▶ Task goal
What appears from the line containing "most ≤ result" to the end of the listing below should be copied exactly, with no other lines.

▶ Data shown
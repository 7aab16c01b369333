ghost use Rattle.std.specs.Prelude.{◌≡◌, ◌+◌, ◌<◌};
ghost use Rattle.pip_model.specs.Forms as model;
ghost use Rattle.form_laws.specs.ByForm.{over};
ghost use Rattle.form_laws.specs.Columns.{part};
ghost use Rattle.form_basis.specs.ReadRows.{IsRead, summed, valued};

use crate::basis::Basis;
use crate::columns::column;
use crate::products::{add_product, dot};
use short_tableau::ShortTableau;

// The form's sum over number k of each row.
fn sum(places: &ShortTableau, basis: &Basis, form: &[i64], k: usize) -> i64
    requires read { IsRead places.now basis.now form.now }
    requires number { k < places.now.unknowns + 1 }
    ensures { result ≡ model.dot form.now (over basis.now.scale (part places.now.unknowns k) places.now.rows) }
{
    dot(form, column(basis.columns.as_slice(), places.unknowns(), k))
}

/// Coefficient k of the form's row before it is divided.
pub fn coefficient(places: &ShortTableau, basis: &Basis, form: &[i64], k: usize) -> i64
    requires read { IsRead places.now basis.now form.now }
    requires column { k < places.now.unknowns }
    ensures { result ≡ summed places.now basis.now form.now k }
{
    sum(places, basis, form, k)
}

/// The constant of the form's row before it is divided.
pub fn value(places: &ShortTableau, basis: &Basis, form: &[i64]) -> i64
    requires read { IsRead places.now basis.now form.now }
    ensures { result ≡ valued places.now basis.now form.now }
{
    let n = places.unknowns();
    add_product(sum(places, basis, form, n), basis.scale, form[n])
}
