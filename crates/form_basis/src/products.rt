ghost use Rattle.std.specs.Prelude.{◌≡◌, ◌*◌, ◌^◌, ◌<◌, ◌≤◌, ◌+ℤ◌, ◌*ℤ◌, unsigned_abs, IsTrue, IfSome};
ghost use Rattle.pip_model.specs.Forms as model;
ghost use Rattle.form_laws.specs.Bounds as bounds;
ghost use Rattle.form_laws.specs.Columns.{IsSummable};

/// A sum, and the product of two numbers more.
#[inline(always)]
pub fn add_product(sum: i64, x: i64, y: i64) -> i64
    requires product { unsigned_abs (x *ℤ y) < 2 ^ 63 }
    requires all { unsigned_abs (sum +ℤ x *ℤ y) < 2 ^ 63 }
    ensures { result ≡ sum +ℤ x *ℤ y }
{
    sum + x * y
}

/// The product, which fits in 128 bits.
#[inline(always)]
pub fn wide_product(x: i64, y: i64) -> i128
    ensures { result ≡ x *ℤ y }
{
    (x as i128) * (y as i128)
}

// The sum of the products of a form's first numbers and those of a column.
pub(crate) fn dot(form: &[i64], column: &[i64]) -> i64
    requires { IsSummable form.now column.now }
    ensures { result ≡ model.dot form.now column.now }
{
    let mut sum = 0;
    for i in 0..column.len() {
        let number = form[i];
        if number != 0 {
            sum = add_product(sum, number, column[i]);
        }
    }
    sum
}

/// The sum of the sizes of the numbers, none where it is too great.
pub fn norm(numbers: &[i64]) -> Option<u64>
    ensures { IfSome result (λ k. k ≡ bounds.norm numbers.now) }
{
    let mut sum: u64 = 0;
    for number in numbers {
        sum = sum.checked_add(number.unsigned_abs())?;
    }
    Some(sum)
}

/// Whether a form of such a norm and numbers of such a size make a short row.
#[inline(always)]
pub fn are_short(norm: u64, most: u64) -> bool
    ensures { IsTrue result → norm * most < 2 ^ 63 }
{
    match norm.checked_mul(most) {
        None => false,
        Some(product) => product < 9223372036854775808,
    }
}

/// The greater of two numbers.
#[inline(always)]
pub fn greater(a: u64, b: u64) -> u64
    ensures first { a ≤ result }
    ensures second { b ≤ result }
{
    if a < b { b } else { a }
}

/// The greater of a number and a size.
#[inline(always)]
pub fn with_size(most: u64, z: i64) -> u64
    ensures most { most ≤ result }
    ensures size { unsigned_abs z ≤ result }
{
    let size = z.unsigned_abs();
    if size > most { size } else { most }
}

▶ Solution
    ensures most { most ≤ result }
    ensures size { unsigned_abs z ≤ result }
{
    let size = z.unsigned_abs();
    if size > most { size } else { most }
}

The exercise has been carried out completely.